Rep: Reputation: 223Reputation: 223Reputation: 223
Is there a utility to convert UTF to HTML metacharacters?


I convert pages I download from UTF to HTML (I prefer ISO-8859). I use utf8trans, but it relies on a character table, which is incomplete. I've been adding custom entries for years, but that's lame. Converting UTF's 23f0 to ⏰ (for example) would be good enough for me; I could write a script that added all those entries to my character table, which would be inelegant and make it huge. Hmmmm... there's probably a C function to do that, which would make an easy program.
 
Old 11-15-2017, 02:24 PM   #2
Turbocapitalist
Senior Member
 
Registered: Apr 2005
Distribution: Linux Mint, Devuan, OpenBSD
Posts: 4,364
Blog Entries: 3

Rep: Reputation: 2178Reputation: 2178Reputation: 2178Reputation: 2178Reputation: 2178Reputation: 2178Reputation: 2178Reputation: 2178Reputation: 2178Reputation: 2178Reputation: 2178
There's a CPAN module for perl that does that already. You just need to specify the range of characters to be encoded. Here's a one-liner to encode x0100 through x2fa1f:

Code:
perl -MHTML::HTML5::Entities -p \
 -e 'print encode_entities($_,"\x{0100}..\x{2FA1F}")'; \
 < input.html > output.html
The package for that module with APT-based distros is libhtml-html5-entities-perl and something similar for RPM
 
1 members found this post helpful.
Old 11-15-2017, 11:34 PM   #3
RandomTroll
Senior Member
 
Registered: Mar 2010
Distribution: Slackware
Posts: 1,328

Original Poster
Rep: Reputation: 223Reputation: 223Reputation: 223
Thanks.

I have 2 problems: output.html has everything in input.html doubled, like the problem -n cures for sed.

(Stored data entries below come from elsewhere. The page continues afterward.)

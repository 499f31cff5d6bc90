//! Does the script of the standard input, as `otm run` does, and nothing else. So it is built in less time.
//!
//! `otm_kit::run_program` tells what is printed where, and the exit statuses.
#![tactic(auto)]

use otm_kit::run_program;
use std::process::ExitCode;

fn main(rt: HostRuntime) -> ExitCode {
    run_program(&rt)
}
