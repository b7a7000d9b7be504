//! The visitor of operators.
//!
//! `.ci/generate` writes the visits from `operators.tsv`; by hand are the rest of the trait and
//! what it uses.

ghost use Rattle.validate_visit.specs.declared.op.Op.{Op};
ghost use Rattle.validate_visit.specs.declared.op.Op.TheVariants.{Numeric, Atomic};
ghost use Rattle.validate_visit.specs.declared.op.NumericOp.TheVariants.{Add128, Eqz, F32Const, F64Const, FloatBinary, FloatComparison, FloatUnary, I32Const, I64Const, IntegerBinary, IntegerComparison, IntegerUnary, MulWide, Sub128};
ghost use Rattle.validate_visit.specs.declared.op.AtomicOp.TheVariants.{AtomicCmpxchg, AtomicFence, AtomicLoad, AtomicNotify, AtomicRmw, AtomicStore, AtomicWait, Pause};
ghost use Rattle.validate_visit.specs.declared.memory.AtomicAccess.TheVariants.{Packed, Whole};
ghost use Rattle.validate_visit.specs.declared.numbers.PackedInteger.TheVariants.{I32Bits8, I32Bits16, I64Bits8, I64Bits16, I64Bits32};
ghost use Rattle.validate_visit.specs.declared.numbers.Sign.TheVariants.{Signed, Unsigned};

use validate_types::{HeapType, RefType, ValType};
use validate_visit::{
    ArrayOp, AtomicRmwOp, BlockType, BrTable, ContinuationOp, ControlOp, ConvertOp, ExceptionOp,
    Exchange, FieldAccess, FloatBinaryOp, FloatComparisonOp, FloatType, FloatUnaryOp, Ieee32,
    Ieee64, IntegerBinaryOp, IntegerComparisonOp, IntegerType, IntegerUnaryOp, MemArg, MemoryOp,
    NumberType, Op, Ordering, ReferenceOp, ResumeTable, SharedOp, SharedRmwOp, StructOp, TableOp,
    TryTable, Update,
};
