//! The log of one attempt.

ghost use Rattle.std.specs.Prelude.{◌≡◌, ℕ, ◌+◌, ◌<◌, ◌≤◌, List, [], ◌∷◌, ◌++◌, length, IfOk, IfErr, OnOk, OnErr, IsOk, MatchOption, Option, true, false, None, Some};
ghost use Rattle.std.specs.Prelude.{MatchResult, map, replicate};
ghost use Rattle.validate_transaction.specs.Log.{Log, empty_log, has_changes};
ghost use Rattle.validate_transaction.specs.Recorded.{log_with_entry};

use crate::pile::Pile;
use std::alloc::Global;
use std::marker::Model;
use std::mem;
use validate_types::{MaybeType, Operand, OutOfMemory, Refusal, Refused};
use validate_visit::Frame;

/// What an attempt changed.
#[derive(Drop)]
pub struct RollbackLog {
    /// The operands, the newest change on top: a push as None, and a pop as the operand that it took.
    pub operands: Pile<Option<Operand>>,
    /// The frames, the newest change on top: an opened one as None, and a closed one as it was.
    pub frames: Pile<Option<Frame>>,
    /// The indices of the locals that closed frames unset, in order.
    pub inits: Vec<u32>,
    /// How many locals had been set since they were declared when the attempt began.
    pub init_height: usize,
    /// Whether the code of a frame became dead.
    pub unreachable: bool,
}

impl Model for RollbackLog {
    ghost use Rattle.validate_transaction.specs.Log.{Log};

    ghost Value = { Log };

    ghost view = { λ l. record {
      operands = l.operands.items;
      frames = l.frames.items;
      inits = l.inits.items;
      init_height = l.init_height;
      unreachable = l.unreachable;
    } };
}

/// Buffers for a log.
#[derive(Drop)]
pub struct RollbackLogAllocations {
    operands: Pile<Option<Operand>>,
    frames: Pile<Option<Frame>>,
    inits: Vec<u32>,
}

impl Model for RollbackLogAllocations {
    ghost use Rattle.std.specs.Prelude.{⊤, ◌≡◌, [], List};

    ghost Value = { ⊤ };

    ghost view = { λ l. tt };

    ghost invariant = { λ l. (l.operands.items ≡ []) × (l.frames.items ≡ []) × (l.inits.items ≡ []) };
}

impl RollbackLogAllocations {
    /// Empty buffers. It takes no memory.
    pub fn new(alloc: Global) -> Self {
        RollbackLogAllocations {
            operands: Pile::new(alloc),
            frames: Pile::new(alloc),
            inits: Vec::new(alloc),
        }
    }

    /// Takes the buffers, and leaves new ones.
    pub fn take(&mut self) -> RollbackLogAllocations {
        let alloc = *self.inits.allocator();
        mem::replace(self, RollbackLogAllocations::new(alloc))
    }
}

impl RollbackLog {
    /// A log with nothing in it.
    pub fn new(init_height: usize, allocs: RollbackLogAllocations) -> Self
        ensures { result ≡ empty_log init_height }
    {
        let RollbackLogAllocations {
            operands,
            frames,
            inits,
        } = allocs;
        RollbackLog {
            operands,
            frames,
            inits,
            init_height,
            unreachable: false,
        }
    }

    /// What the buffers are allocated by.
    pub fn allocator(&self) -> Global {
        *self.inits.allocator()
    }

    /// Whether there is something to undo, where so many locals are set now.
    pub fn has_changes(&self, init_height: usize) -> bool
        ensures { result ≡ has_changes init_height self.now }
    {
        if self.unreachable || self.init_height < init_height {
            return true;
        }
        !(self.operands.is_empty() && self.frames.is_empty() && self.inits.is_empty())
    }

    /// Gives the buffers back.
    pub fn into_allocations(self) -> RollbackLogAllocations {
        let RollbackLog {
            mut operands,
            mut frames,
            mut inits,
            init_height: _,
            unreachable: _,
        } = self;
        operands.clear();
        frames.clear();
        inits.clear();
        RollbackLogAllocations {
            operands,
            frames,
            inits,
        }
    }

    /// Records that an operand was pushed. Want of memory changes nothing.
    #[inline(never)]
    pub fn record_push(&mut self) -> Result<(), OutOfMemory>
        ensures { MatchResult result (λ _. self.new
            ≡ record self.old { operands = None ∷ self.old.operands }) (λ _. self.new ≡ self.old) }
    {
        self.operands.take_room()?;
        self.operands.put(None);
        Ok(())
    }

    /// Records that this operand was popped. Want of memory changes nothing.
    #[inline(never)]
    pub fn record_pop(&mut self, ty: &MaybeType) -> Result<(), OutOfMemory>
        ensures { MatchResult result (λ _. self.new
            ≡ record self.old { operands = Some ty.now ∷ self.old.operands }) (λ _. self.new ≡ self.old) }
    {
        self.operands.take_room()?;
        self.operands.put(Some(Operand::of(*ty)));
        Ok(())
    }

    /// Records that a frame was opened. Want of memory changes nothing.
    #[inline(never)]
    pub fn push_ctrl(&mut self) -> Result<(), OutOfMemory>
        ensures { MatchResult result (λ _. self.new
            ≡ record self.old { frames = None ∷ self.old.frames }) (λ _. self.new ≡ self.old) }
    {
        self.frames.take_room()?;
        self.frames.put(None);
        Ok(())
    }

    /// Records that this frame was closed, and that it unset these locals. Want of memory changes nothing.
    #[inline(never)]
    pub fn pop_ctrl(&mut self, frame: &Frame, inits: &[u32]) -> Result<(), OutOfMemory>
        ensures { MatchResult result (λ _. self.new
            ≡ record self.old {
              frames = Some frame.now ∷ self.old.frames;
              inits = self.old.inits ++
                  inits.now;
            }) (λ _. self.new ≡ self.old) }
    {
        self.frames.take_room()?;
        self.inits.extend_from_slice(inits)?;
        self.frames.put(Some(*frame));
        Ok(())
    }

    /// Records all that a call does. Want of memory changes nothing: there is room for all before anything is put.
    #[inline(never)]
    pub fn record<A: Refused>(&mut self, entry: Entry<'_>) -> Result<(), A>
        ensures exact { MatchResult result (λ _. self.new ≡ log_with_entry entry.entry self.old)
            (λ _. self.new ≡ self.old) }
        ensures told { IfErr result (λ e. A.tells e → ⊥) }
    {
        let Some(operands) = entry.popped.len().checked_add(entry.pushed) else {
            return Err(A::of(Refusal::OutOfMemory));
        };
        self.operands.reserve(operands)?;
        self.frames.reserve(2)?;
        if let Some(closed) = entry.closed {
            append(&mut self.inits, closed.unset)?;
            self.frames.put(Some(*closed.frame));
        }
        if entry.opened {
            self.frames.put(None);
        }
        put_popped(&mut self.operands, entry.popped);
        put_pushed(&mut self.operands, entry.pushed);
        Ok(())
    }

    /// Records that the code of a frame became dead. It takes no memory.
    pub fn set_unreachable(&mut self)
        ensures { self.new ≡ record self.old { unreachable = true } }
    {
        self.unreachable = true;
    }
}

/// A frame that is closed, as a log records it.
#[derive(Clone, Copy)]
pub struct Closed<'a> {
    /// The frame as it was.
    pub frame: &'a Frame,
    /// The locals that it unsets, in order.
    pub unset: &'a [u32],
}

/// What a call does to operands and frames, as a log records it.
#[derive(Clone, Copy)]
pub struct Entry<'a> {
    /// The operands that are popped, the top last.
    pub popped: &'a [Operand],
    /// The frame that is closed, if one is.
    pub closed: Option<Closed<'a>>,
    /// Whether a frame is opened.
    pub opened: bool,
    /// How many operands are pushed.
    pub pushed: usize,
}

/// Adds these indices. Want of memory adds none; no memory is asked for where that may not be.
fn append<A: Refused>(indices: &mut Vec<u32>, more: &[u32]) -> Result<(), A>
    ensures exact { MatchResult result (λ _. indices.new.items ≡ indices.old.items ++ more.now)
        (λ _. indices.new.items ≡ indices.old.items) }
    ensures told { IfErr result (λ e. A.tells e → ⊥) }
{
    if !A::may_allocate() && indices.capacity() - indices.len() < more.len() {
        return Err(A::of(Refusal::OutOfMemory));
    }
    match indices.extend_from_slice(more) {
        Ok(()) => Ok(()),
        Err(_) => Err(A::of(Refusal::OutOfMemory)),
    }
}

/// Records that these operands were popped, the last of the list first, where there is room.
fn put_popped(trace: &mut Pile<Option<Operand>>, popped: &[Operand])
    requires { length trace.old.items + length popped.now ≤ trace.old.room }
    ensures items { trace.new.items ≡ map Some popped.now ++ trace.old.items }
    ensures never_less { trace.old.room ≤ trace.new.room }
{
    let mut left = popped.len();
    while left > 0 {
        left -= 1;
        trace.put(Some(popped[left]));
    }
}

/// Records that so many operands were pushed, where there is room.
fn put_pushed(trace: &mut Pile<Option<Operand>>, count: usize)
    requires { length trace.old.items + count ≤ trace.old.room }
    ensures { trace.new.items ≡ replicate count None ++ trace.old.items }
{
    for _pushed in 0..count {
        trace.put(None);
    }
}

/// An attempt, or the buffers for the next one.
#[derive(Drop)]
pub enum Transaction {
    /// An attempt is pending, with this log.
    Active(RollbackLog),
    /// None is pending, and these buffers are for the next one.
    Inactive(RollbackLogAllocations),
}
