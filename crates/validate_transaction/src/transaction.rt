//! An attempt, or the buffers for the next one.

ghost use Rattle.std.specs.Prelude.{◌≡◌, ℕ, MatchResult, IfErr, IsOk, IsSome, IsNone, Some, None, is_some};
ghost use Rattle.validate_transaction.specs.Log.{Log, empty_log};
ghost use Rattle.validate_transaction.specs.Mapped.{Maps};
ghost use Rattle.validate_transaction.specs.Recorded.{log_of, with_push, with_pop, with_opened, with_closed, with_mark, with_entry, has_changes_now};

use crate::log::{Entry, RollbackLog, RollbackLogAllocations, Transaction};
use std::mem;
use validate_types::{MaybeType, OutOfMemory, Refused};
use validate_visit::Frame;

impl Transaction {
    /// None is pending, with these buffers for the next one.
    pub fn new(allocs: RollbackLogAllocations) -> Self
        ensures { log_of result ≡ None }
    {
        Transaction::Inactive(allocs)
    }

    /// The buffers, emptied.
    pub fn into_allocations(self) -> RollbackLogAllocations {
        match self {
            Transaction::Active(log) => log.into_allocations(),
            Transaction::Inactive(allocs) => allocs,
        }
    }

    /// Ends an attempt, if one is pending, and keeps what it did.
    pub fn end(&mut self)
        ensures { log_of self.new ≡ None }
    {
        if self.is_active() {
            let log = self.take();
            self.keep(log);
        }
    }

    /// Whether an attempt is pending that has something to undo, where so many locals are set now.
    #[inline(always)]
    pub fn has_changes(&self, init_height: usize) -> bool
        ensures { result ≡ has_changes_now init_height self.now }
    {
        match self {
            Transaction::Active(log) => log.has_changes(init_height),
            Transaction::Inactive(_) => false,
        }
    }

    /// Begins an attempt.
    pub fn begin(&mut self, init_height: usize)
        requires { log_of self.old ≡ None }
        ensures { log_of self.new ≡ Some (empty_log init_height) }
    {
        let allocs = match self {
            Transaction::Inactive(allocs) => allocs.take(),
            Transaction::Active(_) => unreachable!(),
        };
        *self = Transaction::Active(RollbackLog::new(init_height, allocs));
    }

    /// Whether an attempt is pending.
    #[inline(always)]
    pub fn is_active(&self) -> bool
        ensures { result ≡ is_some (log_of self.now) }
    {
        matches!(self, Transaction::Active(_))
    }

    /// Takes the log of an attempt, which ends.
    pub fn take(&mut self) -> RollbackLog
        requires { IsSome (log_of self.old) }
        ensures log { log_of self.old ≡ Some result }
        ensures ended { log_of self.new ≡ None }
    {
        let alloc = match self {
            Transaction::Active(log) => log.allocator(),
            Transaction::Inactive(_) => unreachable!(),
        };
        match mem::replace(
            self,
            Transaction::Inactive(RollbackLogAllocations::new(alloc)),
        ) {
            Transaction::Active(log) => log,
            Transaction::Inactive(_) => unreachable!(),
        }
    }

    /// Records that an operand was pushed, if an attempt is pending. Want of memory changes nothing, and
    /// there is none where no attempt is pending.
    #[inline(always)]
    pub fn record_push(&mut self) -> Result<(), OutOfMemory>
        ensures exact { MatchResult result (λ _. self.new ≡ with_push self.old) (λ _. self.new ≡ self.old) }
        ensures idle { log_of self.old ≡ None → IsOk result }
    {
        match self {
            Transaction::Active(log) => log.record_push(),
            Transaction::Inactive(_) => Ok(()),
        }
    }

    /// Records that this operand was popped, if an attempt is pending. Want of memory changes nothing, and
    /// there is none where no attempt is pending.
    #[inline(always)]
    pub fn record_pop(&mut self, ty: &MaybeType) -> Result<(), OutOfMemory>
        ensures exact { MatchResult result (λ _. self.new ≡ with_pop ty.now self.old)
            (λ _. self.new ≡ self.old) }
        ensures idle { log_of self.old ≡ None → IsOk result }
    {
        match self {
            Transaction::Active(log) => log.record_pop(ty),
            Transaction::Inactive(_) => Ok(()),
        }
    }

    /// Records that a frame was opened, if an attempt is pending. Want of memory changes nothing, and there
    /// is none where no attempt is pending.
    #[inline(always)]
    pub fn push_ctrl(&mut self) -> Result<(), OutOfMemory>
        ensures exact { MatchResult result (λ _. self.new ≡ with_opened self.old) (λ _. self.new ≡ self.old) }
        ensures idle { log_of self.old ≡ None → IsOk result }
    {
        match self {
            Transaction::Active(log) => log.push_ctrl(),
            Transaction::Inactive(_) => Ok(()),
        }
    }

    /// Records that this frame was closed, and that it unset these locals, if an attempt is pending. Want of
    /// memory changes nothing, and there is none where no attempt is pending.
    #[inline(always)]
    pub fn pop_ctrl(&mut self, frame: &Frame, inits: &[u32]) -> Result<(), OutOfMemory>
        ensures exact { MatchResult result (λ _. self.new ≡ with_closed frame.now inits.now self.old)
            (λ _. self.new ≡ self.old) }
        ensures idle { log_of self.old ≡ None → IsOk result }
    {
        match self {
            Transaction::Active(log) => log.pop_ctrl(frame, inits),
            Transaction::Inactive(_) => Ok(()),
        }
    }

    /// Records all that a call does, if an attempt is pending. Want of memory changes nothing, and there is none
    /// where no attempt is pending.
    #[inline(always)]
    pub fn record<A: Refused>(&mut self, entry: Entry<'_>) -> Result<(), A>
        ensures exact { MatchResult result (λ _. self.new ≡ with_entry entry.entry self.old)
            (λ _. self.new ≡ self.old) }
        ensures told { IfErr result (λ e. A.tells e → ⊥) }
        ensures idle { log_of self.old ≡ None → IsOk result }
    {
        match self {
            Transaction::Active(log) => log.record(entry),
            Transaction::Inactive(_) => Ok(()),
        }
    }

    /// Records that the code of a frame became dead, if an attempt is pending. It takes no memory.
    #[inline(always)]
    pub fn set_unreachable(&mut self)
        ensures { self.new ≡ with_mark self.old }
    {
        match self {
            Transaction::Active(log) => log.set_unreachable(),
            Transaction::Inactive(_) => {}
        }
    }

    /// Keeps the buffers of a log that has ended.
    pub fn keep(&mut self, log: RollbackLog)
        ensures { log_of self.new ≡ None }
    {
        *self = Transaction::Inactive(log.into_allocations());
    }

    /// Changes the log of an attempt, if one is pending.
    pub fn map<F: FnOnce(&mut RollbackLog) -> Result<(), OutOfMemory>>(
        &mut self,
        f: F,
    ) -> Result<(), OutOfMemory>
    where
        F: Drop,
        requires { F.IsAlwaysCallable f }
        ensures { Maps F.FnOnce f self.old result self.new }
    {
        match self {
            Transaction::Active(log) => f(log),
            Transaction::Inactive(_) => Ok(()),
        }
    }
}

It converts periods to &#x2e, which is correct, but unwanted, and an easy fix with sed.

It isn't in Slackware, but I'm used to building my own Perl modules.

Last edited by RandomTroll; 11-16-2017 at 12:57 AM.
 
Old 11-16-2017, 04:29 AM   #4
Turbocapitalist
Senior Member
 
Registered: Apr 2005
Distribution: Linux Mint, Devuan, OpenBSD
Posts: 4,364
Blog Entries: 3

Rep: Reputation: 2178Reputation: 2178Reputation: 2178Reputation: 2178Reputation: 2178Reputation: 2178Reputation: 2178Reputation: 2178Reputation: 2178Reputation: 2178Reputation: 2178
Sorry. The mistake was on my end. map() is needed to build the replacement string. The -C is needed to force I/O as UTF-8. Unicode is still a bit unfamiliar.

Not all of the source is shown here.